WHAT YOU HAVE TO DO
Begin at the line containing "isLetter => false" in the entries below and end at the line containing "(0 - 1152921504606846975 - 1) rem: -1 => 0"; transcribe that range exactly and nothing outside it.

INFORMATION SUPPLIED
============
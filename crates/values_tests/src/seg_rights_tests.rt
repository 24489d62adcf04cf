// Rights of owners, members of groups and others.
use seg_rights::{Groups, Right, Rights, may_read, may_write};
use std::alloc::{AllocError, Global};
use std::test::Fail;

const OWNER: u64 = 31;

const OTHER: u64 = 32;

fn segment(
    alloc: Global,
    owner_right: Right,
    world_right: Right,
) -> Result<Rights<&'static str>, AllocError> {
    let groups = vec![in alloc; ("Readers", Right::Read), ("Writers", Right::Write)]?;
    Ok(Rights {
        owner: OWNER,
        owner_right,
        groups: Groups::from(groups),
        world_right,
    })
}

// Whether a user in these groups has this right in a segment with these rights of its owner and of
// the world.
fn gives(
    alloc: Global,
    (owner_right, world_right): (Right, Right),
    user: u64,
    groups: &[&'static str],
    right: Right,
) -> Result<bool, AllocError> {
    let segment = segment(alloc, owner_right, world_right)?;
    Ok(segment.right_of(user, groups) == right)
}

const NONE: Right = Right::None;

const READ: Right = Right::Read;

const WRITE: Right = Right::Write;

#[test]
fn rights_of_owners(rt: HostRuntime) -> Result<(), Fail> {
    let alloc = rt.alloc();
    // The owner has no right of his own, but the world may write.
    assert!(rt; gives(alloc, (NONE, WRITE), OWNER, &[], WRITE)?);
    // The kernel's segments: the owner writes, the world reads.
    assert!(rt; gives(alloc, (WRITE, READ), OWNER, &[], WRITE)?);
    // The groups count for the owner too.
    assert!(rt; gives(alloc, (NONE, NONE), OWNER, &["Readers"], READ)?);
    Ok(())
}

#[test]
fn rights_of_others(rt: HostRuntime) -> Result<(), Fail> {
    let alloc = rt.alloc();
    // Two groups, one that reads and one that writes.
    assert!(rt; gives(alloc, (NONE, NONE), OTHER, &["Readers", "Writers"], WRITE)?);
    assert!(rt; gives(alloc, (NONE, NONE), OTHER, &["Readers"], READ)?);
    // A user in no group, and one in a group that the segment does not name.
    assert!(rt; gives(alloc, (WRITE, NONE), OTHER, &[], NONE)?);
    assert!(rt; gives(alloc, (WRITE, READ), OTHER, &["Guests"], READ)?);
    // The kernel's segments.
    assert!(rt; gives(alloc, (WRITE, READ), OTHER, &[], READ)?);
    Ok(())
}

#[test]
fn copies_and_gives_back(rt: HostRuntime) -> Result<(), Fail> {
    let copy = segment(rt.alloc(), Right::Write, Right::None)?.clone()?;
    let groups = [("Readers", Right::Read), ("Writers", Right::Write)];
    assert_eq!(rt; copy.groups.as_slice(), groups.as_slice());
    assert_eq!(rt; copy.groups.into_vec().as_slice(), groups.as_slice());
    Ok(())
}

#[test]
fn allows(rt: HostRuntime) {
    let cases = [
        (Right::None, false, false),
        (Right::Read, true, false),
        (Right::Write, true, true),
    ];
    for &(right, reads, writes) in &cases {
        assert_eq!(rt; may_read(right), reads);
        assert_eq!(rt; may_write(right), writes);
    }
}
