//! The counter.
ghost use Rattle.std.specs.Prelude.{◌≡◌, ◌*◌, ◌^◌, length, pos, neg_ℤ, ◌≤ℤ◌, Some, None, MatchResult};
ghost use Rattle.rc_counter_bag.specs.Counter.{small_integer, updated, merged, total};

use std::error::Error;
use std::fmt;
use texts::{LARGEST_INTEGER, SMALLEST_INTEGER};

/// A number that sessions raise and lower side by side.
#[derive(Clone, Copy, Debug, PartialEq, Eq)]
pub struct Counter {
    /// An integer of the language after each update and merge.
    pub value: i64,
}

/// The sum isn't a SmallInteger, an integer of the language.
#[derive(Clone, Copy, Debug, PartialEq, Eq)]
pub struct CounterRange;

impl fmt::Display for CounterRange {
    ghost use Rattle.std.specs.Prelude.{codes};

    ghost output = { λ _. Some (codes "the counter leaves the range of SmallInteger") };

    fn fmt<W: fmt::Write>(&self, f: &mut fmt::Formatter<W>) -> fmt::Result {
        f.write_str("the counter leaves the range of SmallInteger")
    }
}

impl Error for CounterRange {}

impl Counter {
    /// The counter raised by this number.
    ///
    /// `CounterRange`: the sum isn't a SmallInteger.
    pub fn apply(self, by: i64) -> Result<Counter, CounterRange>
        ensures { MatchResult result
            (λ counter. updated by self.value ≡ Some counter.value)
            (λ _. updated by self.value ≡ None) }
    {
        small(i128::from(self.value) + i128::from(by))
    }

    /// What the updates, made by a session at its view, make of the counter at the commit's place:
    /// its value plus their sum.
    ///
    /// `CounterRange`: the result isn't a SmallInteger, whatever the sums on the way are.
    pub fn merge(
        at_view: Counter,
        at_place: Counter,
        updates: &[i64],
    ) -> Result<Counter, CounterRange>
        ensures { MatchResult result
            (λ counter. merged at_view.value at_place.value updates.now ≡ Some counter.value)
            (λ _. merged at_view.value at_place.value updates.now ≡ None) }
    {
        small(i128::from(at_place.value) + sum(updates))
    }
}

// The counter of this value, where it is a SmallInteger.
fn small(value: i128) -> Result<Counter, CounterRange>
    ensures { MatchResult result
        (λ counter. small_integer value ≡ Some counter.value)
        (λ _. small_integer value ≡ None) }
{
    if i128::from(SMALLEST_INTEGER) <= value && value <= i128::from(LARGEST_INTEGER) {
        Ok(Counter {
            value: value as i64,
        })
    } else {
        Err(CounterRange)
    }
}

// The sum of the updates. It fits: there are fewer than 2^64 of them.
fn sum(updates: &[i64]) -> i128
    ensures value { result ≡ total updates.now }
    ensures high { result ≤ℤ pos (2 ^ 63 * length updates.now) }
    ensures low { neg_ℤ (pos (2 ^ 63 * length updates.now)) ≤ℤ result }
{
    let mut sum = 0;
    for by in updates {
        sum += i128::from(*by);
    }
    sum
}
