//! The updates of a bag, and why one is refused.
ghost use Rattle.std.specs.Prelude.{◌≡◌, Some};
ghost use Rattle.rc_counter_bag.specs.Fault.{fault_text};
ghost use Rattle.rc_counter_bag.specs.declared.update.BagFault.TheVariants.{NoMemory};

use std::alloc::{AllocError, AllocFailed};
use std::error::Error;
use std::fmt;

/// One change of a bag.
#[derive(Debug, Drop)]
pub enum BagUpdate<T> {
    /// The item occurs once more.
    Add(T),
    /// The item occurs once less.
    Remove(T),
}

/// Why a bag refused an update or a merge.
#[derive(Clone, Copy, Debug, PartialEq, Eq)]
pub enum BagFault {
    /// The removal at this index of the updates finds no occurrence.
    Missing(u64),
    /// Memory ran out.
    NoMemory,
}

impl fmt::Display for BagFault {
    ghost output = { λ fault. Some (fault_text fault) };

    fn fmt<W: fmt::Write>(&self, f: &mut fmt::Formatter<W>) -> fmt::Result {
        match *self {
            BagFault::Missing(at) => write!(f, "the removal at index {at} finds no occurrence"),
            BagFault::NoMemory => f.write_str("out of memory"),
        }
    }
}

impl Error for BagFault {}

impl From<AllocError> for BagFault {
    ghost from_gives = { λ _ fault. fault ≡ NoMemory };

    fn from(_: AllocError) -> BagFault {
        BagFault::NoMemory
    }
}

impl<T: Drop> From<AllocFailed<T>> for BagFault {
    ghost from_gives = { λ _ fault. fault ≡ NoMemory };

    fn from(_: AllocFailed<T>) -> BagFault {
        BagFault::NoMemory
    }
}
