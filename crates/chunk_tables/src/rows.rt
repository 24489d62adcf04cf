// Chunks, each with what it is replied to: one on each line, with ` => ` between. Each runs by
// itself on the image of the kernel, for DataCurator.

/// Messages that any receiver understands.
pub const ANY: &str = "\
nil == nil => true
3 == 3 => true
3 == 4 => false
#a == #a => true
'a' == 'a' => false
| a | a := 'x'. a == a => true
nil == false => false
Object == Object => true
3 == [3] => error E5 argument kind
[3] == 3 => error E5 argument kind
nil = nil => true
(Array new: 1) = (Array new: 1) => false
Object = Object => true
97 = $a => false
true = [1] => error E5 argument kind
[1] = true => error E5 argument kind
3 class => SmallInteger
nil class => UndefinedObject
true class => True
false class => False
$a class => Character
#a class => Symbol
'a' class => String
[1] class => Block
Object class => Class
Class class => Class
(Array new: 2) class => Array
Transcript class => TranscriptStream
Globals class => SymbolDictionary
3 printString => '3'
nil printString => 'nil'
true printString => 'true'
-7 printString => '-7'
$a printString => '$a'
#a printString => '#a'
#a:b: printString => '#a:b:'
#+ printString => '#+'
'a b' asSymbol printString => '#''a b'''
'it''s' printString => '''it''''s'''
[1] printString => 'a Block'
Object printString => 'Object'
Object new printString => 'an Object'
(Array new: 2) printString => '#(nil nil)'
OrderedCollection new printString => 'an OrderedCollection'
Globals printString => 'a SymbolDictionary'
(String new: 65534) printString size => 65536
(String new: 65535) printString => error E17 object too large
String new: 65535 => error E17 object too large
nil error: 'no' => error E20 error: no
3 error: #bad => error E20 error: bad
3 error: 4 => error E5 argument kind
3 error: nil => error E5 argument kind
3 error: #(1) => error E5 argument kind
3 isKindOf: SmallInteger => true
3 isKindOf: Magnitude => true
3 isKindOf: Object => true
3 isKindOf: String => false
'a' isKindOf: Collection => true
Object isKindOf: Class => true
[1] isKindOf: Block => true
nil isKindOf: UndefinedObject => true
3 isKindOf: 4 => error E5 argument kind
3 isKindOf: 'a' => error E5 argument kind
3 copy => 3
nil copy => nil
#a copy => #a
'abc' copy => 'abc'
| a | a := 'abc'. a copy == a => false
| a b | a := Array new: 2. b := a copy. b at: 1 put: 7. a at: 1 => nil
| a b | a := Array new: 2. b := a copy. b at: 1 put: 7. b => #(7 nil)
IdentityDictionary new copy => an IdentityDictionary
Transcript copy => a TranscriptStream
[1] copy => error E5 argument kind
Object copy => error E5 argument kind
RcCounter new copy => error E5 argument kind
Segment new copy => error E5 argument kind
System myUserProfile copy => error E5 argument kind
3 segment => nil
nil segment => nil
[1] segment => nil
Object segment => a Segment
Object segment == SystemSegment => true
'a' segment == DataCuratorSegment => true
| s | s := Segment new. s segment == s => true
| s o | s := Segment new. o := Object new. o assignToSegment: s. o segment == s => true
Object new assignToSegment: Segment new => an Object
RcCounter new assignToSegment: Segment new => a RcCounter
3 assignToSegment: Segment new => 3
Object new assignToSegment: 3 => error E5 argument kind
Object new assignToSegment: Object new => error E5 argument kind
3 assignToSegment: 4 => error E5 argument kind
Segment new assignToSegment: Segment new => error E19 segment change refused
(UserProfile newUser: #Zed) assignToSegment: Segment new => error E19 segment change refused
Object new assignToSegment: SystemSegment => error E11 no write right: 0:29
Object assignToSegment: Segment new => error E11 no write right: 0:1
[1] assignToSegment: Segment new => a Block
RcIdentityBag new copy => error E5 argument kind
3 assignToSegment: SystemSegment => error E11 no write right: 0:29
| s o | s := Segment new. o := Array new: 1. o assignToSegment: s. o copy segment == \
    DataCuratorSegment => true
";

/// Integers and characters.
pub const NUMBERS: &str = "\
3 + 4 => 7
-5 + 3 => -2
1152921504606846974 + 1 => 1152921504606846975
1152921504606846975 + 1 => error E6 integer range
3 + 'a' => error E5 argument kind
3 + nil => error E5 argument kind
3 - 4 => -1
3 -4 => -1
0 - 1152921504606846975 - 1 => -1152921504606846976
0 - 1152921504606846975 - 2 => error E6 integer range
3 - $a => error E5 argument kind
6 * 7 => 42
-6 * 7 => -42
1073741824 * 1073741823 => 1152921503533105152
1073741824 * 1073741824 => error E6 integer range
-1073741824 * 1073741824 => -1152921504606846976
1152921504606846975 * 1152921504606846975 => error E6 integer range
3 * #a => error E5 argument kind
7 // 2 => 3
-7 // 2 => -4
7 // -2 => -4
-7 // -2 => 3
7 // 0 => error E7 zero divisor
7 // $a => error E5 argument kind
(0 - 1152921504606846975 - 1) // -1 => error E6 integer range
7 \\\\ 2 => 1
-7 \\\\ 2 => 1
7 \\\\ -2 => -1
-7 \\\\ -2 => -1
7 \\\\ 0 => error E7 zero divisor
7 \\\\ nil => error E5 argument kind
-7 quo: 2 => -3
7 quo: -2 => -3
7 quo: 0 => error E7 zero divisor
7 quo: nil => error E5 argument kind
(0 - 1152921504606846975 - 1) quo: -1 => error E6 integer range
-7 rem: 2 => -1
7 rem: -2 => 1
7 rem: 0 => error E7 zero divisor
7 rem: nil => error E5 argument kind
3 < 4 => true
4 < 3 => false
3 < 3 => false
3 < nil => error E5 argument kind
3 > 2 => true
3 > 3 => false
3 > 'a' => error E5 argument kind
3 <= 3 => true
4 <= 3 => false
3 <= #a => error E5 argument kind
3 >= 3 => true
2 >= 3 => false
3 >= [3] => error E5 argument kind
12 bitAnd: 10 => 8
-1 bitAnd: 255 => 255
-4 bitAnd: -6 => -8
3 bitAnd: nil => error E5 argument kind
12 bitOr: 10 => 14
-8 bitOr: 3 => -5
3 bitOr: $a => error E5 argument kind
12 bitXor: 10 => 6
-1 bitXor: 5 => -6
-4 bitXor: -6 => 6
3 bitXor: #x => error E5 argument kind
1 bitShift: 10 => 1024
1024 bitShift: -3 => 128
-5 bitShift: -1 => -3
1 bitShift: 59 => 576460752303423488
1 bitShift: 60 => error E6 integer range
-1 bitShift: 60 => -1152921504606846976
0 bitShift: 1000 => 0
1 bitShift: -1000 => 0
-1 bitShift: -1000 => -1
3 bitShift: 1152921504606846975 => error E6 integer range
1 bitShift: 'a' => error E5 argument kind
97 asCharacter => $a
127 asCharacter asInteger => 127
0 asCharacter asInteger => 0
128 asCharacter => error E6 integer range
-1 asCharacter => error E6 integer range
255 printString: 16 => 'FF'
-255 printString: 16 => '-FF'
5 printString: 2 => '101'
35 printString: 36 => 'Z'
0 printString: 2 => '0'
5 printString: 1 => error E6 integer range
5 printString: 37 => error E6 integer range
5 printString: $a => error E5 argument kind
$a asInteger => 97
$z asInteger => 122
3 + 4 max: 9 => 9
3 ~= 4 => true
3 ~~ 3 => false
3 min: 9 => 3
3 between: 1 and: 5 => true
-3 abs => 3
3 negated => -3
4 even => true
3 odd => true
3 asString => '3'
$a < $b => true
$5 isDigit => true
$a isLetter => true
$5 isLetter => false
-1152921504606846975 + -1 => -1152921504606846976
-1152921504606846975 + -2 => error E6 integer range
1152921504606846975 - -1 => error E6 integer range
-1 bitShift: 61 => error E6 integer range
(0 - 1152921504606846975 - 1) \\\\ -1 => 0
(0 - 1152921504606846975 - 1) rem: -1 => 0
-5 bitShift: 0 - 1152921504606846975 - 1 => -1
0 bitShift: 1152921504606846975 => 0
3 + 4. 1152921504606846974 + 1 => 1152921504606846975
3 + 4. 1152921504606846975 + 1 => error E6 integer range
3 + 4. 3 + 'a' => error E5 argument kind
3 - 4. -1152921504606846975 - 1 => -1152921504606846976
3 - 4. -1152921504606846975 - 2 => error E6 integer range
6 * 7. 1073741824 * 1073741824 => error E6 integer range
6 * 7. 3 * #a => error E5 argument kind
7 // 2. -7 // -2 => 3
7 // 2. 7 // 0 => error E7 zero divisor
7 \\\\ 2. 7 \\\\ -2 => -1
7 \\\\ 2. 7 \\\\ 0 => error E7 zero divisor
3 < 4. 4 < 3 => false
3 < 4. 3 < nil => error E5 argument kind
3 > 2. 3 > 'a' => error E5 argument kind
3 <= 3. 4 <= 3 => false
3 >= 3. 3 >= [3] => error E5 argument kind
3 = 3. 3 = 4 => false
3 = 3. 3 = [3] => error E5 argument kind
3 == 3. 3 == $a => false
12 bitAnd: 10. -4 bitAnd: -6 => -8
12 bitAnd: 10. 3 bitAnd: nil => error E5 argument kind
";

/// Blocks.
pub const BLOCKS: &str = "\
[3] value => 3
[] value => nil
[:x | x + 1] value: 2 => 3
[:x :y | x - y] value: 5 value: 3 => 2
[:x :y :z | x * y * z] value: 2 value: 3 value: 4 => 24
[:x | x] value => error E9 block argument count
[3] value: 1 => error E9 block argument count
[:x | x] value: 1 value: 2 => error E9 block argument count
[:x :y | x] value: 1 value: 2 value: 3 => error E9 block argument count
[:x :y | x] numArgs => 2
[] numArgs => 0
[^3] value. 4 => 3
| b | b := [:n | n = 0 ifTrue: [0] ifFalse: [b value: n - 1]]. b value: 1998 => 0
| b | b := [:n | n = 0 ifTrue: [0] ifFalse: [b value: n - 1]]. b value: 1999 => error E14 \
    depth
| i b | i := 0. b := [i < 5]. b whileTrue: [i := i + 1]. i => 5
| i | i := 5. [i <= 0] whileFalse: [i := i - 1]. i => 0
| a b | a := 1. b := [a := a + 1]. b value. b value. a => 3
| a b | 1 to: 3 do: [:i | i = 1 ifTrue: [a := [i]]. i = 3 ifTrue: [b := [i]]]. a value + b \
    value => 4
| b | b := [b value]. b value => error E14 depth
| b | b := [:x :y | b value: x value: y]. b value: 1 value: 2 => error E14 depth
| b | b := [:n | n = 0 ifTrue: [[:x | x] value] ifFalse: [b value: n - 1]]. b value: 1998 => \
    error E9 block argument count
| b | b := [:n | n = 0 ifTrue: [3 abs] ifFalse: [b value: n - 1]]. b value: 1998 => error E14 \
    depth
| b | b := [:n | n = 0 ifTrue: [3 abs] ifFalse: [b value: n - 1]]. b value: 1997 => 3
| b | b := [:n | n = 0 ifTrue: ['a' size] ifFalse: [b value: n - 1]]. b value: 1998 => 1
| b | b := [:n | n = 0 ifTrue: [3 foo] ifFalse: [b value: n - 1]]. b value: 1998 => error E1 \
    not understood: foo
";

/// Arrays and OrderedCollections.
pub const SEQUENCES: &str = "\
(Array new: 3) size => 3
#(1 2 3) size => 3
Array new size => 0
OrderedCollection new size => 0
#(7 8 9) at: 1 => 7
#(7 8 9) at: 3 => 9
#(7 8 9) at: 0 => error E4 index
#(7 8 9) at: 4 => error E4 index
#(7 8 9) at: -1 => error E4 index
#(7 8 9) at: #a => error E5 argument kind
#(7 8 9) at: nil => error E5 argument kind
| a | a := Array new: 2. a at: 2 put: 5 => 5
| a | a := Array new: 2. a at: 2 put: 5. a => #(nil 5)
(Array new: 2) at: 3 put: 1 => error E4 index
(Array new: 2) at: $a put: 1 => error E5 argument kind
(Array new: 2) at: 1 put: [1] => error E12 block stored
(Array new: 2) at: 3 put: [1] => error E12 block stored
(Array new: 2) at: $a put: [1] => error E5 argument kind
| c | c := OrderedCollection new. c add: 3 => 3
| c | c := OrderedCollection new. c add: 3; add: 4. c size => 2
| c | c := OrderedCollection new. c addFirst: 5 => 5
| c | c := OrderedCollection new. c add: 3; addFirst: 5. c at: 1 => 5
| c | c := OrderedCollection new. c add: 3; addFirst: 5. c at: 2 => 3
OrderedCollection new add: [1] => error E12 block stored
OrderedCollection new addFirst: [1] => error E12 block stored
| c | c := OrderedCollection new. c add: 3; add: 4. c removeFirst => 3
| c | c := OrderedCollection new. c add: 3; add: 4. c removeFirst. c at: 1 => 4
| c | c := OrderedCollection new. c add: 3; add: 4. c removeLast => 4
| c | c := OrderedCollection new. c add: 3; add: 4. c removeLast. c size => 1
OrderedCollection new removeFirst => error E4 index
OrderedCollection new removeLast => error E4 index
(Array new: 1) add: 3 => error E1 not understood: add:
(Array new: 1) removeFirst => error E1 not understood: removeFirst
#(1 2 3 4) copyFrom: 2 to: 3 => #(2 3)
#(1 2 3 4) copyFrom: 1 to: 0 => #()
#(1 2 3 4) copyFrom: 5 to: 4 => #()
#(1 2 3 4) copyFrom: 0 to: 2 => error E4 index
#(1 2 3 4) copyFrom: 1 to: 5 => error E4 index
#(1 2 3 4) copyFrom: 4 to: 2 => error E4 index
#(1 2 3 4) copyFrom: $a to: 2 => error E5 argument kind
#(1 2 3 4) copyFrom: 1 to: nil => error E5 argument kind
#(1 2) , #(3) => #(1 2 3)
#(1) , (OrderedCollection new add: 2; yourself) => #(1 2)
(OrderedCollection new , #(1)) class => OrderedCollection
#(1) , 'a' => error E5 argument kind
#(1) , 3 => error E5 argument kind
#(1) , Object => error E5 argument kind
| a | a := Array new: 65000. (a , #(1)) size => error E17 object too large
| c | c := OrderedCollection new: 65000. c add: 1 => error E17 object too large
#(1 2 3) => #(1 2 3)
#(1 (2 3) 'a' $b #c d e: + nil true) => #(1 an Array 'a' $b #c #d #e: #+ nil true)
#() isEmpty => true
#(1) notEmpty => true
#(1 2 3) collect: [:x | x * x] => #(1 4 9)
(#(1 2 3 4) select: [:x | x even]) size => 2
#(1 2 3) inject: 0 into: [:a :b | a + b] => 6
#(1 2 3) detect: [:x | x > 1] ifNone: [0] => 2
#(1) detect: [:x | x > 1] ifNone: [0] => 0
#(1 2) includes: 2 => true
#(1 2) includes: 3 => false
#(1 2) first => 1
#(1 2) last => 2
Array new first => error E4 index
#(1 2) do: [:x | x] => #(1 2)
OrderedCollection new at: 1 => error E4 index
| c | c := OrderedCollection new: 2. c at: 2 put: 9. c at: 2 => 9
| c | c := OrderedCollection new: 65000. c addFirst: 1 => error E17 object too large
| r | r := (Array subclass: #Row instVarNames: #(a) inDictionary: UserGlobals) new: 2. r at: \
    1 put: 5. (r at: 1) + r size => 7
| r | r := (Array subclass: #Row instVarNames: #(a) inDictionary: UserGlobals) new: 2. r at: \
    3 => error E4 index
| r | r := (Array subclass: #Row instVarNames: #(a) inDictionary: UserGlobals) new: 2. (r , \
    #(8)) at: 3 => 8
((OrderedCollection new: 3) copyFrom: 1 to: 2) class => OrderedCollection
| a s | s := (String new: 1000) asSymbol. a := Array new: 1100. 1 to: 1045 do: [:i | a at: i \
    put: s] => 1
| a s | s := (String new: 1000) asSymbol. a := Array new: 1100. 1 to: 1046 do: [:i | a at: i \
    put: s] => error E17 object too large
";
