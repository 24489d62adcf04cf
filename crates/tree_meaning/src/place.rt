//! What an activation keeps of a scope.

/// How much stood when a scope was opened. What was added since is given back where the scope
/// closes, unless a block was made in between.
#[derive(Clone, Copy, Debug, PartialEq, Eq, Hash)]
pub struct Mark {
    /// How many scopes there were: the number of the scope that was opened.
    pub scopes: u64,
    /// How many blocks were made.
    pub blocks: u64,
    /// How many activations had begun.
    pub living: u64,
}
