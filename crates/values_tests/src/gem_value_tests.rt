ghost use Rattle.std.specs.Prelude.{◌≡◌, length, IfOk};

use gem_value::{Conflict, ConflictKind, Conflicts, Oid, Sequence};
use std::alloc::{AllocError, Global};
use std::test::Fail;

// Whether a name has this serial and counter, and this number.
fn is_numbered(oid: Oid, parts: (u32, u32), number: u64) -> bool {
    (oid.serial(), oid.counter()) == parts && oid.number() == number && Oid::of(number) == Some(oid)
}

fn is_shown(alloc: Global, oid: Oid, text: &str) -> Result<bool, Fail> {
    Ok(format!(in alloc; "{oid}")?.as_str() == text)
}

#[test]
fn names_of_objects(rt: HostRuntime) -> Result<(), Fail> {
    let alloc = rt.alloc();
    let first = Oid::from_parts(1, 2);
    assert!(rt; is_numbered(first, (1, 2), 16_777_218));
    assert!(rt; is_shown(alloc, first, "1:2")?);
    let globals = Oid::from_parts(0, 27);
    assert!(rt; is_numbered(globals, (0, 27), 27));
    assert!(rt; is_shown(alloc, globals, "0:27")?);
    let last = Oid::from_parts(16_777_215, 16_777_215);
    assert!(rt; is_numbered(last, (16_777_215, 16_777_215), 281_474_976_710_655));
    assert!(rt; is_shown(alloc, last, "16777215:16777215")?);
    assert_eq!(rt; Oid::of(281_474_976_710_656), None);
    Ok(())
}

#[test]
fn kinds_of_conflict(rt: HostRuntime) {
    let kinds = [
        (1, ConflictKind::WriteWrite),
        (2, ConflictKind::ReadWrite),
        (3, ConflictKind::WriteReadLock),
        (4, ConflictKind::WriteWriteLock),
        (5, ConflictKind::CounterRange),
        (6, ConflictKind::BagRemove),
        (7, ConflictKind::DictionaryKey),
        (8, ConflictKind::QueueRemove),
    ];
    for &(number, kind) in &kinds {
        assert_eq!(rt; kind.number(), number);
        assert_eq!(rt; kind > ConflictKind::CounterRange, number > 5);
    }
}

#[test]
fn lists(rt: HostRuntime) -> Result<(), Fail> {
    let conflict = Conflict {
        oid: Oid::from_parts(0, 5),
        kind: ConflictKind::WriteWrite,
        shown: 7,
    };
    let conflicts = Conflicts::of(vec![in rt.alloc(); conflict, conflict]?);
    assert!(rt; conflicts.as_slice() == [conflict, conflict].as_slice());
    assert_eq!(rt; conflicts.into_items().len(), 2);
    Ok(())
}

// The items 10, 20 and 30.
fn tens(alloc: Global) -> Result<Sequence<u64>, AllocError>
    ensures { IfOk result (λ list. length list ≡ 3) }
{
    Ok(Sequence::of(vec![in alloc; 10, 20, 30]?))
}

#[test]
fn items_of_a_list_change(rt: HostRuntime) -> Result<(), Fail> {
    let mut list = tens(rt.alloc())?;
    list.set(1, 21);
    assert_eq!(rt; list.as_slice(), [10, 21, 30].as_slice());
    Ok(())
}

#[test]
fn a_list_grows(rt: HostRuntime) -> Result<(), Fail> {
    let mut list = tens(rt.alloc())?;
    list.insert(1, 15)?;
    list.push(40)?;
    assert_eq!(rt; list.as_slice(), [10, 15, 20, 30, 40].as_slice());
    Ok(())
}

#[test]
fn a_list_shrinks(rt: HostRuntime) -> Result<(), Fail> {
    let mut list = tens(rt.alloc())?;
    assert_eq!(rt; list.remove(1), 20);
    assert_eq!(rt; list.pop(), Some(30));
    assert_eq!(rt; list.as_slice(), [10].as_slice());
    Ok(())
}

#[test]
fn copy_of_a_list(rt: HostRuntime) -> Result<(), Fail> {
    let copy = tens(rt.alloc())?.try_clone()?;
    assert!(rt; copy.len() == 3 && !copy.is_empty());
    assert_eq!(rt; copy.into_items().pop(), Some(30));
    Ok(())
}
============
TASK ANSWER
$5 isLetter => false
-1152921504606846975 + -1 => -1152921504606846976
-1152921504606846975 + -2 => error E6 integer range
1152921504606846975 - -1 => error E6 integer range
-1 bitShift: 61 => error E6 integer range
(0 - 1152921504606846975 - 1) \\\\ -1 => 0
(0 - 1152921504606846975 - 1) rem: -1 => 0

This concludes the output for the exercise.